Mortgage Rates Move Up Despite Market Gains

News

When bonds make “gains,” it means that bond prices are moving up.  The price of a bond is like the amount that a lender is willing to pay for the right to collect a certain amount of interest.  The more the lender is willing to pay, the lower that lender’s “yield” will be.  Looked at another way, the lower your interest rate would be in the case of a lender making you a mortgage loan.  For that reason, we expect to see mortgage rates fall when bonds are making gains (mortgages are based primarily on bond prices/yields).  But in today’s case, rates went a bit higher even though bonds improved.

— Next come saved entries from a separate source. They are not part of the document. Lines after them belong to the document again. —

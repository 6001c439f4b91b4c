//! Configurations as texts, and the values that former texts give, of the model that is given.
//! `text VALUE ..` asks for the text of a configuration, `hints FORMER` for the values that a
//! former text gives, `-` where it gives none, and behind a bar the path of the first leaf without
//! a value. `former TEXT` asks what a former text is refused for, `nested N` the same of one whose
//! one key holds so many arrays, one in the other.
ghost use Rattle.std.specs.Prelude.{◌≡◌};

use class_table::ClassTable;
use config_json::{config_text, hints_of, missing, read_config};
use object_alloc::{Config, Objects, allocate};
use std::alloc::{AllocError, Global};
use test_case_files::{Case, Subject, number_at, numbers_of, push_word, words_of};
use test_models::table_of;

/// What is asked of texts of configurations.
#[derive(Drop)]
pub(crate) struct Json;

/// The text of a configuration.
fn text_of(
    alloc: Global,
    table: &ClassTable,
    objects: &Objects<'_>,
    values: Vec<i64>,
) -> Result<String, AllocError>
    requires same { objects.now ≡ table.now }
{
    let bytes = config_text(alloc, table, objects, &Config::of(values))?;
    String::from_utf8_lossy(alloc, &bytes)
}

/// Values, as a text.
fn values_text(alloc: Global, values: &[Option<i64>]) -> Result<String, AllocError> {
    let mut text = String::new(alloc);
    for value in values {
        match value {
            Some(value) => push_word(&mut text, &format!(in alloc; "{value}")?)?,
            None => push_word(&mut text, "-")?,
        }
    }
    Ok(text)
}

/// The values that a former text gives, and the first leaf without one.
fn given_by(
    alloc: Global,
    table: &ClassTable,
    objects: &Objects<'_>,
    former: &[u8],
) -> Result<String, AllocError>
    requires same { objects.now ≡ table.now }
{
    let Ok(json) = read_config(alloc, former) else {
        return String::from_str(alloc, "refused");
    };
    let found = hints_of(alloc, &json, table, objects)?;
    let values = values_text(alloc, found.items())?;
    match missing(alloc, &json, table, objects)? {
        Some(path) => {
            let path = String::from_utf8_lossy(alloc, path.as_bytes())?;
            format!(in alloc; "{values} | {path}")
        }
        None => format!(in alloc; "{values} | whole"),
    }
}

/// What a former text is refused for.
fn refusal(alloc: Global, bytes: &[u8]) -> Result<String, AllocError> {
    match read_config(alloc, bytes) {
        Ok(_) => String::from_str(alloc, "none"),
        Err(fault) => format!(in alloc; "{fault:?}"),
    }
}

/// A text whose one key holds so many arrays, one in the other.
fn nested(alloc: Global, count: u32) -> Result<String, AllocError> {
    let mut text = String::from_str(alloc, "{\"a\":")?;
    for _open in 0..count {
        text.push_str("[")?;
    }
    for _close in 0..count {
        text.push_str("]")?;
    }
    text.push_str("}")?;
    Ok(text)
}

/// What is asked of the model that is given.
fn told_of_given(alloc: Global, case: &Case<'_>) -> Result<String, AllocError> {
    let Some(table) = table_of(alloc, &case.given) else {
        return String::from_str(alloc, "no table");
    };
    let Ok(objects) = allocate(alloc, &table) else {
        return String::from_str(alloc, "no objects");
    };
    match case.ask {
        "text" => text_of(alloc, &table, &objects, numbers_of(alloc, &case.text)?),
        _ => given_by(alloc, &table, &objects, &case.text),
    }
}

impl Subject for Json {
    fn answer(&mut self, alloc: Global, case: &Case<'_>) -> Result<String, AllocError> {
        match case.ask {
            "former" => refusal(alloc, &case.text),
            "nested" => {
                let text = nested(alloc, number_at(&words_of(alloc, &case.text)?, 0))?;
                refusal(alloc, text.as_bytes())
            }
            _ => told_of_given(alloc, case),
        }
    }
}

As is often the case, the discrepancy results from the timing of bond market movement over the past few days.  Bonds weakened yesterday and rates logically moved higher.  The catch is that bonds continued to weaken after most lenders set mortgage rates for the day.  The move was big enough that today’s bond market recovery wasn’t quite enough to get bonds back to the better levels seen yesterday morning, thus leaving a small but logical gap between today’s and yesterday’s mortgage rates.  

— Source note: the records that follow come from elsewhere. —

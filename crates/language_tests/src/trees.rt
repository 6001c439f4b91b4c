//! Trees of rows of tokens, and the refusals of rows that have none. A row is written in letters,
//! one for each token; the token with number k stands at the place 2 * k. `outcome ROW` asks
//! whether it is a model, `nested OPEN COUNT BEHIND` the same of a `where` with so many times the
//! first text, and `places ROW` for the places of its declarations.
use conf_parse::{ParseError, parse};
use conf_syntax::{
    ClassDecl, EnumDecl, Item, Key, Mark, Member, Name, Placed, Program, Shape, Token, VarDecl,
    WhereDecl,
};
use std::alloc::{AllocError, Global};
use test_case_files::{Case, Subject, number_at, push_word, words_of};

/// What is asked of the parser.
#[derive(Drop)]
pub(crate) struct Trees;

/// The keyword of a letter.
fn key(letter: u8) -> Option<Key> {
    Some(match letter {
        b'E' => Key::Enum,
        b'A' => Key::Abstract,
        b'C' => Key::Class,
        b'X' => Key::Extends,
        b'V' => Key::Var,
        b'a' => Key::As,
        b'I' => Key::Int,
        b'B' => Key::Bool,
        b'R' => Key::Ref,
        b'W' => Key::Where,
        b'F' => Key::Forall,
        b'S' => Key::Exists,
        b'U' => Key::Sum,
        b'K' => Key::Count,
        b'D' => Key::AllDifferent,
        b'P' => Key::Pack,
        b'i' => Key::In,
        b'M' => Key::Maximize,
        b'm' => Key::Minimize,
        b'T' => Key::True,
        b'L' => Key::False,
        b't' => Key::This,
        b'&' => Key::And,
        b'|' => Key::Or,
        b'!' => Key::Not,
        _ => return None,
    })
}

/// The mark of a letter; a semicolon where it has none of its own.
fn mark(letter: u8) -> Mark {
    match letter {
        b'{' => Mark::OpenBrace,
        b'}' => Mark::CloseBrace,
        b'[' => Mark::OpenBracket,
        b']' => Mark::CloseBracket,
        b'(' => Mark::OpenParen,
        b')' => Mark::CloseParen,
        b',' => Mark::Comma,
        b'.' => Mark::Dot,
        b':' => Mark::DotDot,
        b'>' => Mark::Arrow,
        b'=' => Mark::Equal,
        b'#' => Mark::NotEqual,
        b'<' => Mark::Less,
        b'l' => Mark::AtMost,
        b'G' => Mark::Greater,
        b'g' => Mark::AtLeast,
        b'+' => Mark::Plus,
        b'-' => Mark::Minus,
        b'*' => Mark::Star,
        _ => Mark::Semicolon,
    }
}

/// The token of a letter.
fn token(alloc: Global, letter: u8) -> Result<Token, AllocError> {
    if letter == b'w' {
        return Ok(Token::Word(Name::of(alloc, b"x")?));
    }
    if letter == b'n' {
        return Ok(Token::Number(1));
    }
    Ok(match key(letter) {
        Some(key) => Token::Key(key),
        None => Token::Mark(mark(letter)),
    })
}

/// The tree of a row.
fn parsed(alloc: Global, text: &[u8]) -> Result<Result<Program, ParseError>, AllocError> {
    let mut list = Vec::new(alloc);
    let mut at = 0_u32;
    for letter in text {
        let token = token(alloc, *letter)?;
        list.push(Placed { token, at })?;
        at = at.saturating_add(2);
    }
    Ok(parse(alloc, &list, at))
}

/// Whether a row is a model, or why it isn't.
fn outcome(alloc: Global, text: &[u8]) -> Result<String, AllocError> {
    match parsed(alloc, text)? {
        Ok(_) => String::from_str(alloc, "Model"),
        Err(error) => format!(in alloc; "{error:?}"),
    }
}

/// The row of a `where` with the first text so many times, and then the second.
fn nested(alloc: Global, open: &str, count: u32, behind: &str) -> Result<Vec<u8>, AllocError> {
    let mut text = Vec::new(alloc);
    text.push(b'W')?;
    for _ in 0..count {
        text.extend_from_slice(open.as_bytes())?;
    }
    text.extend_from_slice(behind.as_bytes())?;
    Ok(text)
}

/// What comes of the row that three words tell.
fn outcome_of_nested(alloc: Global, words: &[&str]) -> Result<String, AllocError> {
    match words {
        [open, _, behind] => {
            let text = nested(alloc, open, number_at(words, 1), behind)?;
            outcome(alloc, &text)
        }
        _ => String::from_str(alloc, "what?"),
    }
}

/// Adds the places of a shape.
fn shape_places(shape: &Shape, places: &mut Vec<u32>) -> Result<(), AllocError> {
    match shape {
        Shape::Range(low, high) => {
            places.push(low.at)?;
            places.push(high.at)?;
        }
        Shape::Int | Shape::Bool => {}
        Shape::Named(name) | Shape::Many(name, _) | Shape::Ref(name) | Shape::RefSet(name, _) => {
            places.push(name.at)?;
        }
    }
    Ok(())
}

/// Adds the places of a variable.
fn var_places(decl: &VarDecl, places: &mut Vec<u32>) -> Result<(), AllocError> {
    places.push(decl.name.at)?;
    shape_places(&decl.shape, places)
}

/// Adds the places of a `where`.
fn where_places(decl: &WhereDecl, places: &mut Vec<u32>) -> Result<(), AllocError> {
    places.push(decl.at)?;
    for constraint in decl.list.items() {
        places.push(constraint.at)?;
    }
    Ok(())
}

/// Adds the places of an enumeration.
fn enum_places(decl: &EnumDecl, places: &mut Vec<u32>) -> Result<(), AllocError> {
    places.push(decl.name.at)?;
    for value in decl.values.items() {
        places.push(value.at)?;
    }
    Ok(())
}

/// Adds the places of a class.
fn class_places(decl: &ClassDecl, places: &mut Vec<u32>) -> Result<(), AllocError> {
    places.push(decl.name.at)?;
    if let Some(parent) = &decl.parent {
        places.push(parent.at)?;
    }
    for member in decl.members.items() {
        match member {
            Member::Var(decl) => var_places(decl, places)?,
            Member::Where(decl) => where_places(decl, places)?,
        }
    }
    Ok(())
}

/// The places of a model's declarations, in the order of the text.
fn places(alloc: Global, text: &[u8]) -> Result<Vec<u32>, AllocError> {
    let mut places = Vec::new(alloc);
    let Ok(program) = parsed(alloc, text)? else {
        return Ok(places);
    };
    for item in program.items.items() {
        match item {
            Item::Enum(decl) => enum_places(decl, &mut places)?,
            Item::Class(decl) => class_places(decl, &mut places)?,
            Item::Var(decl) => var_places(decl, &mut places)?,
            Item::Where(decl) => where_places(decl, &mut places)?,
            Item::Goal(decl) => {
                places.push(decl.at)?;
                places.push(decl.expr.at)?;
            }
        }
    }
    Ok(places)
}

/// Numbers, separated by spaces.
pub(crate) fn numbers_text(alloc: Global, numbers: &[u32]) -> Result<String, AllocError> {
    let mut text = String::new(alloc);
    for number in numbers {
        push_word(&mut text, &format!(in alloc; "{number}")?)?;
    }
    Ok(text)
}

impl Subject for Trees {
    fn answer(&mut self, alloc: Global, case: &Case<'_>) -> Result<String, AllocError> {
        let text = case.text.as_slice();
        match case.ask {
            "outcome" => outcome(alloc, text),
            "places" => numbers_text(alloc, &places(alloc, text)?),
            _ => outcome_of_nested(alloc, &words_of(alloc, text)?),
        }
    }
}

Loan Originator Perspective

I’m still locking loans closing within 30 days.  There’s no discernible trend, so time to play defense. –Ted Rood, Senior Originator

Clients and I continue to favor locking when within 30 days of closing. At this time, i just don’t see much benefit with floating. There is more to risk than to gain. Until “something” happens to send rates one way or another, i will continue to lock. –Victor Burek, Churchill Mortgage

Today’s Most Prevalent Rates

  • 30YR FIXED – 4.375%
  • FHA/VA – 4.0%
  • 15 YEAR FIXED – 4.00% 
  • 5 YEAR ARMS –  3.875-4.25% depending on the lender


Ongoing Lock/Float Considerations
 

  • Early 2019 saw a rapid reevaluation of big-picture trends in rates and in markets in general

  • The Federal Reserve has been a key player, and while they aren’t the ones pulling the global economic strings, their response to the economy has helped rates fall more quickly than they otherwise might.

  • Based on the Fed’s laundry list of concerns, their current outlook for rate hikes and economic growth, and their bond-buying policy shifts, we’ve all but certainly seen the highest rates of this economic cycle in late 2018.  
  • Rates discussed refer to the most frequently-quoted, conforming, conventional 30yr fixed rate for top tier borrowers among average to well-priced lenders.  The rates generally assume little-to-no origination or discount except as noted when applicable.  Rates appearing on this page are “effective rates” that take day-to-day changes in upfront costs into consideration.